Court of Appeal for Ontario
Date: January 27, 2017 Docket: C61179 Judges: Doherty, Blair and Lauwers JJ.A.
Parties
Between
Her Majesty the Queen Respondent
and
Codi James O'Leary Appellant
Counsel
Brian D. Barrie and Danielle N. Landry, for the appellant
Christopher Webb, for the respondent
Hearing and Appeal
Heard: January 16, 2017
On appeal from the convictions entered on June 1, 2015 by Justice Clayton Conlan of the Superior Court of Justice.
Decision
By-the-Court:
[1] The appellant was convicted, after a trial by judge alone, of one count of dangerous driving while racing causing bodily harm, and one count of dangerous driving while racing causing death. He appealed his convictions only.
[2] At trial, the Crown argued that the appellant and Tyler Dodd were racing their cars westbound on Highway 21 just outside of Owen Sound at about 10:00 p.m. on January 8, 2013. Mr. Dodd lost control of his vehicle, swerved into the oncoming eastbound lane and struck another car. Mr. Dodd was killed and the driver of the other vehicle suffered serious injuries.
[3] The appellant was not involved in the collision. He went to the police station to speak to the police a day or two after the accident in response to a radio broadcast indicating that the police were looking for the driver of another vehicle connected to the accident. That vehicle matched the description of the appellant's vehicle.
[4] The Crown's case consisted of:
Evidence from various independent witnesses describing the driving of the appellant and Mr. Dodd and the interaction of their vehicles as they drove through Owen Sound to the scene of the accident just west of the city.
The appellant's statement to the police in which he admitted that he was racing with the Dodd vehicle along the stretch of the road west of Owen Sound, a short distance from the accident.
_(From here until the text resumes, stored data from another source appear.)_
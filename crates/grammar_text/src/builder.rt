//! A grammar that a caller gives production by production.
ghost use Rattle.std.specs.Prelude.{◌≡◌, ◌≤◌, ◌^◌, ◌++◌, ◌∷◌, [], List, ℕ, Some, map, length, codes, false, true, position, None, IfOk, OnOk, OnErr, IfErr, MatchOption};
ghost use Rattle.lalrpop_base.specs.Words.{IsWellFormed};
ghost use Rattle.grammar_text.specs.declared.lines.Line.TheVariants.{Production};
ghost use Rattle.grammar_text.specs.Symbols.{is_name, name_of, symbols_of};
ghost use Rattle.grammar_text.specs.Lines.{line_of_words, is_fault_line};
ghost use Rattle.grammar_text.specs.Grammar.{StandsFor, productions_in};
ghost use Rattle.grammar_text.specs.Builder.{unplaced, IsAtWord, IsRefused, IsRefusedOf, IsTooLarge, is_no_name, symbol_by, text_of};

use crate::builder_error::BuilderError;
use crate::collected::Collected;
use crate::grammar::grammar_of;
use crate::lines::{Line, PlacedLine};
use crate::read_error::ReadError;
use crate::symbols::{is_a_name, name_of, symbol_of};
use lalrpop_base::memory::OutOfMemory;
use lalrpop_base::repr::grammar::Grammar;
use lalrpop_base::repr::{Span, Symbol, Symbols, TerminalString};
use lalrpop_base::sequence::Sequence;
use lalrpop_base::text::Text;
use std::alloc::Global;
use std::marker::Model;

/// A symbol of a right side, by its kind and its text. A literal has no quotes around its text, which
/// may be any.
#[derive(Clone, Copy, Debug, PartialEq, Eq)]
pub enum SymbolText<'text> {
    Nonterminal(&'text str),
    Literal(&'text str),
}

/// Productions and marks of a grammar that is being made. They are in no text, so the spans of the
/// grammar are `Span(0, 0)`.
#[derive(Drop)]
pub struct GrammarBuilder {
    lines: Vec<PlacedLine>,
}

impl Model for GrammarBuilder {
    ghost use Rattle.std.specs.Prelude.{List};
    ghost use Rattle.grammar_text.specs.declared.lines.PlacedLine.{PlacedLine};

    ghost Value = { List PlacedLine };

    ghost view = { λ b. b.lines.items };
}

impl GrammarBuilder {
    /// A builder without productions.
    pub fn new(alloc: Global) -> GrammarBuilder
        ensures { result ≡ [] }
    {
        GrammarBuilder {
            lines: Vec::new(alloc),
        }
    }

    /// Adds a production, as a line of a grammar text with the name, `=` and the words does. A word
    /// is a name, or a literal between double quotes, which may have blanks here. If the call fails,
    /// the builder is as it was.
    pub fn production(&mut self, name: &str, words: &[&str]) -> Result<(), BuilderError>
        ensures ok { OnOk result (self.new ≡ self.old ++ unplaced
            (line_of_words (name.now ∷ codes "=" ∷ map (λ w. w.now) words.now)) ∷ []) }
        ensures right { OnOk result (is_fault_line
            (line_of_words (name.now ∷ codes "=" ∷ map (λ w. w.now) words.now)) ≡ false) }
        ensures err { IfErr result (IsRefused name.now (map (λ w. w.now) words.now)) }
        ensures same { OnErr result (self.new ≡ self.old) }
    {
        let alloc = *self.lines.allocator();
        let line = production_line(alloc, name, words)?;
        self.push(line)
    }

    /// Adds a production whose symbols are given by kind and text, so that literals need no quotes:
    /// `builder.add_production("Sum", &[Nonterminal("Sum"), Literal("+"), Literal("n")])?`. If the
    /// call fails, the builder is as it was.
    pub fn add_production(
        &mut self,
        name: &str,
        symbols: &[SymbolText<'_>],
    ) -> Result<(), BuilderError>
        ensures ok { OnOk result (self.new ≡ self.old ++ unplaced
            (Production (name_of name.now) (map symbol_by symbols.now)) ∷ []) }
        ensures names { OnOk result (is_name name.now ≡ true) }
        ensures right { OnOk result (position is_no_name symbols.now ≡ None) }
        ensures err { IfErr result (IsRefusedOf name.now symbols.now) }
        ensures same { OnErr result (self.new ≡ self.old) }
    {
        let alloc = *self.lines.allocator();
        if !is_a_name(name) {
            return Err(BuilderError::Name(Text::new(alloc, name)?));
        }
        let right = symbols_by(alloc, name, symbols)?;
        self.push(Line::Production(name_of(alloc, name)?, right))
    }

    /// Marks a nonterminal that is to be inlined, as a line of a grammar text with `inline` and the
    /// name does. If the call fails, the builder is as it was.
    pub fn inline(&mut self, name: &str) -> Result<(), BuilderError>
        ensures ok { OnOk result (self.new ≡ self.old ++ unplaced
            (line_of_words (codes "inline" ∷ name.now ∷ [])) ∷ []) }
        ensures right { OnOk result
            (is_fault_line (line_of_words (codes "inline" ∷ name.now ∷ [])) ≡ false) }
        ensures err { IfErr result (IsRefused name.now []) }
        ensures same { OnErr result (self.new ≡ self.old) }
    {
        let alloc = *self.lines.allocator();
        let line = inline_line(alloc, name)?;
        self.push(line)
    }

    // Adds a line with the empty span at offset 0.
    fn push(&mut self, line: Line) -> Result<(), BuilderError>
        ensures ok { OnOk result (self.new ≡ self.old ++ unplaced line ∷ []) }
        ensures err { IfErr result (λ e. e ≡ BuilderError.Memory) }
        ensures same { OnErr result (self.new ≡ self.old) }
    {
        let span = Span(0, 0);
        self.lines.push(PlacedLine { line, span })?;
        Ok(())
    }

    /// The grammar of the productions and marks. Production n has action n, counted from 0.
    pub fn finish(self) -> Result<Grammar, BuilderError>
        ensures ok { IfOk result (StandsFor self) }
        ensures well_formed { IfOk result IsWellFormed }
        ensures not_collapsed { IfOk result (λ grammar. grammar.algorithm.lalr ≡ false) }
        ensures few { OnOk result (length (productions_in self) ≤ 2 ^ 32) }
        ensures err { IfErr result (IsTooLarge self) }
    {
        let alloc = *self.lines.allocator();
        match Collected::of_lines(alloc, self.lines) {
            Ok(collected) => Ok(grammar_of(alloc, collected)?),
            Err(ReadError::TooManyActions) => Err(BuilderError::TooManyActions),
            Err(_) => Err(BuilderError::Memory),
        }
    }
}

// The line of a production.
fn production_line(alloc: Global, name: &str, words: &[&str]) -> Result<Line, BuilderError>
    ensures ok { IfOk result (λ line. line
        ≡ line_of_words (name.now ∷ codes "=" ∷ map (λ w. w.now) words.now)) }
    ensures right { IfOk result (λ line. is_fault_line line ≡ false) }
    ensures err { IfErr result (IsRefused name.now (map (λ w. w.now) words.now)) }
{
    if !is_a_name(name) {
        return Err(BuilderError::Name(Text::new(alloc, name)?));
    }
    let symbols = symbols_in(alloc, name, words)?;
    Ok(Line::Production(name_of(alloc, name)?, symbols))
}

// The line that marks a nonterminal.
fn inline_line(alloc: Global, name: &str) -> Result<Line, BuilderError>
    ensures ok { IfOk result
        (λ line. line ≡ line_of_words (codes "inline" ∷ name.now ∷ [])) }
    ensures right { IfOk result (λ line. is_fault_line line ≡ false) }
    ensures err { IfErr result (IsRefused name.now []) }
{
    if !is_a_name(name) {
        return Err(BuilderError::Name(Text::new(alloc, name)?));
    }
    Ok(Line::Inline(name_of(alloc, name)?))
}

// The symbols of words, or the first word that is no symbol.
fn symbols_in(alloc: Global, name: &str, words: &[&str]) -> Result<Symbols, BuilderError>
    ensures ok { IfOk result
        (λ symbols. symbols_of (map (λ w. w.now) words.now) ≡ Some symbols) }
    ensures err { is_name name.now ≡ true →
        IfErr result (IsRefused name.now (map (λ w. w.now) words.now)) }
{
    let mut symbols = Sequence::new(alloc);
    for (place, word) in words.iter().enumerate() {
        match symbol_of(alloc, word)? {
            None => return Err(no_symbol(alloc, name, place + 1, word)?),
            Some(symbol) => symbols.push(symbol)?,
        }
    }
    Ok(symbols)
}

// The symbols that are given by kind and text, or the first nonterminal whose text is not a name.
fn symbols_by(alloc: Global, name: &str, texts: &[SymbolText<'_>]) -> Result<Symbols, BuilderError>
    ensures ok { IfOk result (λ symbols. symbols ≡ map symbol_by texts.now) }
    ensures right { OnOk result (position is_no_name texts.now ≡ None) }
    ensures err { is_name name.now ≡ true → IfErr result (IsRefusedOf name.now texts.now) }
{
    let mut symbols = Sequence::new(alloc);
    for (place, text) in texts.iter().enumerate() {
        match symbol_by(alloc, *text)? {
            None => return Err(no_symbol(alloc, name, place + 1, text_of(*text))?),
            Some(symbol) => symbols.push(symbol)?,
        }
    }
    Ok(symbols)
}

// The symbol that is given by kind and text.
fn symbol_by(alloc: Global, text: SymbolText<'_>) -> Result<Option<Symbol>, BuilderError>
    ensures ok { IfOk result (λ symbol. MatchOption symbol (is_no_name text.entry ≡ true)
        (λ symbol. (symbol ≡ symbol_by text.entry) × (is_no_name text.entry ≡ false))) }
    ensures err { IfErr result (λ e. e ≡ BuilderError.Memory) }
{
    match text {
        SymbolText::Nonterminal(name) => {
            if !is_a_name(name) {
                return Ok(None);
            }
            Ok(Some(Symbol::Nonterminal(name_of(alloc, name)?)))
        }
        SymbolText::Literal(text) => {
            let literal = TerminalString::Literal(Text::new(alloc, text)?);
            Ok(Some(Symbol::Terminal(literal)))
        }
    }
}

// The text of a symbol.
fn text_of<'text>(text: SymbolText<'text>) -> &'text str
    ensures { result.now ≡ text_of text.entry }
{
    match text {
        SymbolText::Nonterminal(text) => text,
        SymbolText::Literal(text) => text,
    }
}

// The error at a word of a production that is no symbol. `number` is counted from 1.
fn no_symbol(
    alloc: Global,
    name: &str,
    number: usize,
    word: &str,
) -> Result<BuilderError, OutOfMemory>
    ensures { IfOk result (IsAtWord name.now number word.now) }
{
    Ok(BuilderError::Word {
        nonterminal: name_of(alloc, name)?,
        number,
        word: Text::new(alloc, word)?,
    })
}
Expert evidence of the location on the roadway of the accident (in the eastbound lane); the speed of the Dodd vehicle (about 136 kilometres per hour five seconds before the crash and 109 kilometres per hour one second before the collision); the speed of the other vehicle in the accident (82 kilometres per hour five seconds before the crash and 77 kilometres per hour one second before the crash); and the cause of Mr. Dodd losing control of his vehicle in the curve (excessive speed possibly exacerbated by breaking/over-steering).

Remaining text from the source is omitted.